:: TASK GOAL ::
Copy, word for word, the lines of the entries below between the one with "payload has not" and the one with "fn encrypt_block(&self, block: Block)", inclusive, and leave out everything else.
========================================================================
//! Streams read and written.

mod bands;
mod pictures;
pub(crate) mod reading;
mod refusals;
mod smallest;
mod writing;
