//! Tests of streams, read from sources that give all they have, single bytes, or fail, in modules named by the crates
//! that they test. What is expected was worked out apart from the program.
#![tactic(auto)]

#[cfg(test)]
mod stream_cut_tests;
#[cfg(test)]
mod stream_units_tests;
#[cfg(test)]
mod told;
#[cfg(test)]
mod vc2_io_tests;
========================================================================
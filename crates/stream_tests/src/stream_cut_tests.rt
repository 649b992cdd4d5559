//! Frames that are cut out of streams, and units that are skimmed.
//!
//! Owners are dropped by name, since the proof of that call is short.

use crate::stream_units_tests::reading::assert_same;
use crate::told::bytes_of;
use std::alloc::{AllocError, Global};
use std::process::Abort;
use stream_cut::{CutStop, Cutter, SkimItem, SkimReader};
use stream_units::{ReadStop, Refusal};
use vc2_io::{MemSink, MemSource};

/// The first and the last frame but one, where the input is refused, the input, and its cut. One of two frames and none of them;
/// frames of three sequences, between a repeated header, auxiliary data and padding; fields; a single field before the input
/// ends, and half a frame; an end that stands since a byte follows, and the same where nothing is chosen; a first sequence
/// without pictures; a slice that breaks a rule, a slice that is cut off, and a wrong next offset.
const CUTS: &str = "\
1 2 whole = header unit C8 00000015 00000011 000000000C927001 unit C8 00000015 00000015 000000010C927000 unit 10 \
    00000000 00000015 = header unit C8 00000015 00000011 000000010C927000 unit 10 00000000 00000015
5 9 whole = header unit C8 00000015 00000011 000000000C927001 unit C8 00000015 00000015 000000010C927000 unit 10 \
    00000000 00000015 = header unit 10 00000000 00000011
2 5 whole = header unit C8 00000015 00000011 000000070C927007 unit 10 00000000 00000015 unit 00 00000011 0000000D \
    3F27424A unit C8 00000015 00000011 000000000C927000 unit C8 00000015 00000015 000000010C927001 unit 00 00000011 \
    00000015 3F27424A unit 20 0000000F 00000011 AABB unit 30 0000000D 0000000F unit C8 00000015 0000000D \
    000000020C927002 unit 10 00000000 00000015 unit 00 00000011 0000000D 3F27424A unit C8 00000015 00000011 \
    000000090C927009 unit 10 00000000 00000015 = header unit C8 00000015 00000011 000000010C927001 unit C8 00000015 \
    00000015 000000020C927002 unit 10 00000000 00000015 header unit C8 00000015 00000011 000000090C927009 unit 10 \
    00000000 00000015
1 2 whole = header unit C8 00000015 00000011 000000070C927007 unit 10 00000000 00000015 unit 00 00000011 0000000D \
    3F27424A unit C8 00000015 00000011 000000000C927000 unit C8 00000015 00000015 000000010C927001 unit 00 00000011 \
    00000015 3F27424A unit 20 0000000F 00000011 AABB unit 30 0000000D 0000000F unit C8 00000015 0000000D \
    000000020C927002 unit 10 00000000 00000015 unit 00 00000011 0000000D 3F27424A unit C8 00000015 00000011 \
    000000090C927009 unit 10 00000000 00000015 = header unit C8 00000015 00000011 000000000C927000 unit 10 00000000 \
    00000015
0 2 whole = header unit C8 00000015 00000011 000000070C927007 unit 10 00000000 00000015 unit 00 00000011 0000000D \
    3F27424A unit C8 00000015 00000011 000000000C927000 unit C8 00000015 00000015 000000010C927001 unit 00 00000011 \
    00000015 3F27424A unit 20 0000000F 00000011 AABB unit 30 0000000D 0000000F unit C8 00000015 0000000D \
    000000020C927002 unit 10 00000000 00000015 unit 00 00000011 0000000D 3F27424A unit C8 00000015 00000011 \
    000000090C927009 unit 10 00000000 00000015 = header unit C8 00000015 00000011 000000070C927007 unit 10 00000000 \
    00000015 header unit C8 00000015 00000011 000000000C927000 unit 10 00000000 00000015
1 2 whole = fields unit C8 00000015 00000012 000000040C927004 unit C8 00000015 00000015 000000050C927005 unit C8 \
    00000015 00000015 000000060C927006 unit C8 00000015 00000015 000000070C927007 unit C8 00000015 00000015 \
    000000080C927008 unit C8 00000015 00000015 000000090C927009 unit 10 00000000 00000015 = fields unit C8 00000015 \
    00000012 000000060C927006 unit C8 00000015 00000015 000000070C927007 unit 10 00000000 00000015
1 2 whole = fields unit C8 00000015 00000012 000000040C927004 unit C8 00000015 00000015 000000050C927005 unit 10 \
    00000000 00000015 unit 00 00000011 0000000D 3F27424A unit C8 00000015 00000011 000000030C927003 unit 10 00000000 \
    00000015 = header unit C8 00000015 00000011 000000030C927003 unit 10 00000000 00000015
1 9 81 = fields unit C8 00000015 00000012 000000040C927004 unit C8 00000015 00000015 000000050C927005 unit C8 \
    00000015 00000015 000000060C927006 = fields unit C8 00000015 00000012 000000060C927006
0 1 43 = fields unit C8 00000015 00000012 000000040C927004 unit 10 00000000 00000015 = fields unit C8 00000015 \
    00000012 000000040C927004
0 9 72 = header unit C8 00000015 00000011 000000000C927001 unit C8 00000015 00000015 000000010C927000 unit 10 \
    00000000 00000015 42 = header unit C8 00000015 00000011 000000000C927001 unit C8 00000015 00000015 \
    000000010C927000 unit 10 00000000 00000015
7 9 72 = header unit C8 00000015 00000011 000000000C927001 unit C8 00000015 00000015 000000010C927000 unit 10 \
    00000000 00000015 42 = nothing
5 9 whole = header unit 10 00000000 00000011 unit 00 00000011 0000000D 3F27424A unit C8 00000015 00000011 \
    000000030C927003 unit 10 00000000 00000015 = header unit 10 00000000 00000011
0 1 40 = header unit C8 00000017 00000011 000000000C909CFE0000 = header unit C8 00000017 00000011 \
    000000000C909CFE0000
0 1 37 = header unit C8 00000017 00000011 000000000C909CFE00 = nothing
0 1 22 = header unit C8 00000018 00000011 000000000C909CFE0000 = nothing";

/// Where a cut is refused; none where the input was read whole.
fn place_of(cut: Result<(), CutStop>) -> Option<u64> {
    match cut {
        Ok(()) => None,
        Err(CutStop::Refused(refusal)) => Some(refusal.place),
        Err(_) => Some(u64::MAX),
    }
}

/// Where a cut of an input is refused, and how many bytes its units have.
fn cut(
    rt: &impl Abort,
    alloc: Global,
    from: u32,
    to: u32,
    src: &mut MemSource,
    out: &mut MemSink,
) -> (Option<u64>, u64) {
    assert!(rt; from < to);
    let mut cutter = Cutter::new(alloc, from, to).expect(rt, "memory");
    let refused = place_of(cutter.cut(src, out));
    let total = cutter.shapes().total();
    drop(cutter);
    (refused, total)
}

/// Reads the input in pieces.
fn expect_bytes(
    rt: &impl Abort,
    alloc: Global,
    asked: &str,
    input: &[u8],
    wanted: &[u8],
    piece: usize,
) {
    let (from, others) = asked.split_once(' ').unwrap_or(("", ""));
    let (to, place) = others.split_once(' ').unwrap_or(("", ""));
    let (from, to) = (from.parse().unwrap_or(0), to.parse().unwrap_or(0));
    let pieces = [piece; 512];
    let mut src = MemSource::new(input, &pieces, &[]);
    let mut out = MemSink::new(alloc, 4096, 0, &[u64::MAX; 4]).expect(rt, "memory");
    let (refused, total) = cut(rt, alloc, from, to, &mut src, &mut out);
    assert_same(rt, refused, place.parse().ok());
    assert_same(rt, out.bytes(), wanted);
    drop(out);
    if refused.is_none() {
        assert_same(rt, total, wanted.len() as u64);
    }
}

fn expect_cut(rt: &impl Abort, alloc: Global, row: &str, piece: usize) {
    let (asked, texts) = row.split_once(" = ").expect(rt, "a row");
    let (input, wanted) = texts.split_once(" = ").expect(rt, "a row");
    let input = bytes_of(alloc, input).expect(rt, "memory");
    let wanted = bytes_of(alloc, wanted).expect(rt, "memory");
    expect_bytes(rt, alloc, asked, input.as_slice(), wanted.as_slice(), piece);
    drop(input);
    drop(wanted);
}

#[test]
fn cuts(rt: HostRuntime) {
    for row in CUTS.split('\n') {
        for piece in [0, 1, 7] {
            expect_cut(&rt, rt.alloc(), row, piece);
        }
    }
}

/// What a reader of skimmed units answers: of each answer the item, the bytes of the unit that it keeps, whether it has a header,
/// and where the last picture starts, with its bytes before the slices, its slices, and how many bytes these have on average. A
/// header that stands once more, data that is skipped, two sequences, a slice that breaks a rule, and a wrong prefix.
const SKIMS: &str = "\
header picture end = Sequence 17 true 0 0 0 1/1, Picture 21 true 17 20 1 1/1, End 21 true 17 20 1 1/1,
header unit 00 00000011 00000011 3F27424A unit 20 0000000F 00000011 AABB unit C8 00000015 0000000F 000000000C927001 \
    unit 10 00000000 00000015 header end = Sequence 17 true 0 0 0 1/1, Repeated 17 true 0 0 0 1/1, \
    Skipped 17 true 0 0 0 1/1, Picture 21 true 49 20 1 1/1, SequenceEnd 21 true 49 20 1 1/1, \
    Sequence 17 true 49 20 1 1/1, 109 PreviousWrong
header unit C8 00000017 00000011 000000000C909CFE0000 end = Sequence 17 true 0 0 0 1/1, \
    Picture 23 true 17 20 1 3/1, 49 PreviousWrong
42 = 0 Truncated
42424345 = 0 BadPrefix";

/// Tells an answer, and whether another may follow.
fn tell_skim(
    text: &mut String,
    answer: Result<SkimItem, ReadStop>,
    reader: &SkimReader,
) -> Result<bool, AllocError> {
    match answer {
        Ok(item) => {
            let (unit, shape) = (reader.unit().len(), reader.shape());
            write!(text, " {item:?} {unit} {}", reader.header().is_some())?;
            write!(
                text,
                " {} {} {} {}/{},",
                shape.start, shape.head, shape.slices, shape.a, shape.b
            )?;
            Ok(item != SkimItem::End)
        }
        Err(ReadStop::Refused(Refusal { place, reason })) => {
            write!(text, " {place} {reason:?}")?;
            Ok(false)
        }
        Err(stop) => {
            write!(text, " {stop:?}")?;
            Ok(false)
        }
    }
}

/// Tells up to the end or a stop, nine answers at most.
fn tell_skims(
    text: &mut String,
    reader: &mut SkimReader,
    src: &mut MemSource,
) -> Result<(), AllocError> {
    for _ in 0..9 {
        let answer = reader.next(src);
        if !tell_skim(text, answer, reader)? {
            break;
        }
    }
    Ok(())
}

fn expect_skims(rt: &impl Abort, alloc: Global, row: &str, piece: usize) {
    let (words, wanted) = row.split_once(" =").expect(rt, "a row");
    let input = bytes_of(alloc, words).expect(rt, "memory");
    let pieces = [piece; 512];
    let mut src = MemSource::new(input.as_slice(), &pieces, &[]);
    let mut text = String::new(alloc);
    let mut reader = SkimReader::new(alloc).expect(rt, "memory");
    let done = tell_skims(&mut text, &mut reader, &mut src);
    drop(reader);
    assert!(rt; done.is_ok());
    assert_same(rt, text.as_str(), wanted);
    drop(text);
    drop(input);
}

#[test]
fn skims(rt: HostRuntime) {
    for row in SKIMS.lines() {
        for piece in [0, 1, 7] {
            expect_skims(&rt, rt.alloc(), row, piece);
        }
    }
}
========================================================================
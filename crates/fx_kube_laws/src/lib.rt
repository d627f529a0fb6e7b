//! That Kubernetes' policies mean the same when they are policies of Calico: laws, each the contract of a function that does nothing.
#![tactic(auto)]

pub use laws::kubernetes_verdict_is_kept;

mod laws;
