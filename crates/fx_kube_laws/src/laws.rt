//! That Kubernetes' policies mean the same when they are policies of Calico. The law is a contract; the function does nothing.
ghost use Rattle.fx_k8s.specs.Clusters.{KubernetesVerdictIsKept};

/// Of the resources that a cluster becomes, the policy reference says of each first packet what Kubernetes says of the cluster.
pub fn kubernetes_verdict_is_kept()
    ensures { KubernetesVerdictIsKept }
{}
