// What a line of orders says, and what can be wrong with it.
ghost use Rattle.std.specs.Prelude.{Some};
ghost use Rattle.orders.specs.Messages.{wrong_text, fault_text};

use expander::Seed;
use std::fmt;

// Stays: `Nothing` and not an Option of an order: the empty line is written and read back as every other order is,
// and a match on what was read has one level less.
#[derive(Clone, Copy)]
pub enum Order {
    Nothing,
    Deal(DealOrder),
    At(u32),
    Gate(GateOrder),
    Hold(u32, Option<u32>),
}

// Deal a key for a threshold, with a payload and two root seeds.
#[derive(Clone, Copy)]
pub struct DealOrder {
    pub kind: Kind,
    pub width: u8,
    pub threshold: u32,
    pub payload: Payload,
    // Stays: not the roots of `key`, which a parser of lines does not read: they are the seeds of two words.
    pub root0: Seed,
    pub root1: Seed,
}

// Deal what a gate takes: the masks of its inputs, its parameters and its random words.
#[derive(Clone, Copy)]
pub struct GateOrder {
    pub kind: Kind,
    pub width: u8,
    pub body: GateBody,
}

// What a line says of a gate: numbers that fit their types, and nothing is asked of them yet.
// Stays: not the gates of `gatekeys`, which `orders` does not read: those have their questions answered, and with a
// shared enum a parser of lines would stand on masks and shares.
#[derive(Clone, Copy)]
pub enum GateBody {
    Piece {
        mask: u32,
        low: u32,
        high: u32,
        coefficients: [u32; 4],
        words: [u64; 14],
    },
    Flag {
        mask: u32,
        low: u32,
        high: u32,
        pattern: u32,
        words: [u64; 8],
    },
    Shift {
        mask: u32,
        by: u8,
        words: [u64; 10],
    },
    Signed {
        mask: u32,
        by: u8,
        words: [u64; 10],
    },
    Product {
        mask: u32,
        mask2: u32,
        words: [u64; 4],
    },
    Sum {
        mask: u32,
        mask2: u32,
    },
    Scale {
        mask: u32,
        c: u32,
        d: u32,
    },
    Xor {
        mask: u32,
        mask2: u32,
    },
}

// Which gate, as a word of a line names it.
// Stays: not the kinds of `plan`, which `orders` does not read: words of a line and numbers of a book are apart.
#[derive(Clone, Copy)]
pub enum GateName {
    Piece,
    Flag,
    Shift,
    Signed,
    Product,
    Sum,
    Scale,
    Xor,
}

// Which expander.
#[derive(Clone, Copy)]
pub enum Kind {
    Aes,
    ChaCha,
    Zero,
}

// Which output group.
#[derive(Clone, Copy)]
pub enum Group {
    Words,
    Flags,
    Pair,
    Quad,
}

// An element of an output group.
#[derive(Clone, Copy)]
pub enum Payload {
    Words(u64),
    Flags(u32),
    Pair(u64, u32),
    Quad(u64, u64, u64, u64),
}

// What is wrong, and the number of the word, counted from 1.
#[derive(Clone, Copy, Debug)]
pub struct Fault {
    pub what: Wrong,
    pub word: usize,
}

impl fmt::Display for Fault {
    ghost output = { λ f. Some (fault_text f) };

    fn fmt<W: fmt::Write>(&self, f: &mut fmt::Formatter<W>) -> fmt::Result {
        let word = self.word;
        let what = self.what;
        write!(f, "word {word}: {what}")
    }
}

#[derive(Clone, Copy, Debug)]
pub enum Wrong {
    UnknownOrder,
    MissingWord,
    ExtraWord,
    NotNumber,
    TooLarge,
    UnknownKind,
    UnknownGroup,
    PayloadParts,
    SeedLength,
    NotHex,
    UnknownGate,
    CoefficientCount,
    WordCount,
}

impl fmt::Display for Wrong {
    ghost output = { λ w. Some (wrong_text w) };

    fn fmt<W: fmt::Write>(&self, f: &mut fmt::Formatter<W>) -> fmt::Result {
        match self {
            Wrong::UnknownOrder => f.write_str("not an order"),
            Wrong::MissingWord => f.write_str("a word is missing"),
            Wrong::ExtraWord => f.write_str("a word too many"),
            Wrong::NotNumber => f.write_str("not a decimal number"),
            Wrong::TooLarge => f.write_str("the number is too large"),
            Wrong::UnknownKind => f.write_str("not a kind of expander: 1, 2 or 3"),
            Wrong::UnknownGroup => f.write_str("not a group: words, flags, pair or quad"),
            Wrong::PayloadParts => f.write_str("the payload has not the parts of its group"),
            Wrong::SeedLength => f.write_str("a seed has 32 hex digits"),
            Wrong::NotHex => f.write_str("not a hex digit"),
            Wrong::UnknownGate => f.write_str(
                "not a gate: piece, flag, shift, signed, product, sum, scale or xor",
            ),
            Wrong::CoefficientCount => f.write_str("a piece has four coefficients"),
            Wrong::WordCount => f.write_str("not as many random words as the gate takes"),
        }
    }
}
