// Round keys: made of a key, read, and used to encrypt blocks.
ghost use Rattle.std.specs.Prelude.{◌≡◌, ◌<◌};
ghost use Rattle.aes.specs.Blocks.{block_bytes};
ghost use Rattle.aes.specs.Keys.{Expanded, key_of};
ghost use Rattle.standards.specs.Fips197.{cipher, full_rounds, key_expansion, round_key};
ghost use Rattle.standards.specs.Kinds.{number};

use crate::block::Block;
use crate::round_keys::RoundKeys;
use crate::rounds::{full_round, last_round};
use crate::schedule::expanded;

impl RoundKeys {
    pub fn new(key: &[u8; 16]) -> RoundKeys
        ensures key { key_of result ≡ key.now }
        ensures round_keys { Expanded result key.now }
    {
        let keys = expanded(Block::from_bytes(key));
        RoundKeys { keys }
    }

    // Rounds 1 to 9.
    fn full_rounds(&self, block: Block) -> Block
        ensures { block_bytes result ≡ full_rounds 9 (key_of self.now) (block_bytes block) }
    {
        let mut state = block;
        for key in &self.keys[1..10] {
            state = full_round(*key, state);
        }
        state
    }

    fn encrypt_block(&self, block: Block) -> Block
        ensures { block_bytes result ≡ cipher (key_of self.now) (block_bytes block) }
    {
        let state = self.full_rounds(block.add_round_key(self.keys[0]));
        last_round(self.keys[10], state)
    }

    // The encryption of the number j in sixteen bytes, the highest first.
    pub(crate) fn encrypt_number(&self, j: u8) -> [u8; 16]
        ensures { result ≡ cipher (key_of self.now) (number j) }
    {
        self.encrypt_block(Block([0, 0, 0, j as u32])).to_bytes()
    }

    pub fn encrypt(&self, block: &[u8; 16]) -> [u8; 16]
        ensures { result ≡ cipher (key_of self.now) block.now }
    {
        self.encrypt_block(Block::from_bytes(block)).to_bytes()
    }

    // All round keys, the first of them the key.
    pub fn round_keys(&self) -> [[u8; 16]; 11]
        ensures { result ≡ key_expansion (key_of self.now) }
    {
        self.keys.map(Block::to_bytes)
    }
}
========================================================================
:: YOUR RESPONSE ::
            Wrong::PayloadParts => f.write_str("the payload has not the parts of its group"),
            Wrong::SeedLength => f.write_str("a seed has 32 hex digits"),
            Wrong::NotHex => f.write_str("not a hex digit"),
            Wrong::UnknownGate => f.write_str(
                "not a gate: piece, flag, shift, signed, product, sum, scale or xor",
            ),
            Wrong::CoefficientCount => f.write_str("a piece has four coefficients"),
            Wrong::WordCount => f.write_str("not as many random words as the gate takes"),
        }
    }
}
// Round keys: made of a key, read, and used to encrypt blocks.
ghost use Rattle.std.specs.Prelude.{◌≡◌, ◌<◌};
ghost use Rattle.aes.specs.Blocks.{block_bytes};
ghost use Rattle.aes.specs.Keys.{Expanded, key_of};
ghost use Rattle.standards.specs.Fips197.{cipher, full_rounds, key_expansion, round_key};
ghost use Rattle.standards.specs.Kinds.{number};

use crate::block::Block;
use crate::round_keys::RoundKeys;
use crate::rounds::{full_round, last_round};
use crate::schedule::expanded;

impl RoundKeys {
    pub fn new(key: &[u8; 16]) -> RoundKeys
        ensures key { key_of result ≡ key.now }
        ensures round_keys { Expanded result key.now }
    {
        let keys = expanded(Block::from_bytes(key));
        RoundKeys { keys }
    }

    // Rounds 1 to 9.
    fn full_rounds(&self, block: Block) -> Block
        ensures { block_bytes result ≡ full_rounds 9 (key_of self.now) (block_bytes block) }
    {
        let mut state = block;
        for key in &self.keys[1..10] {
            state = full_round(*key, state);
        }
        state
    }

    fn encrypt_block(&self, block: Block) -> Block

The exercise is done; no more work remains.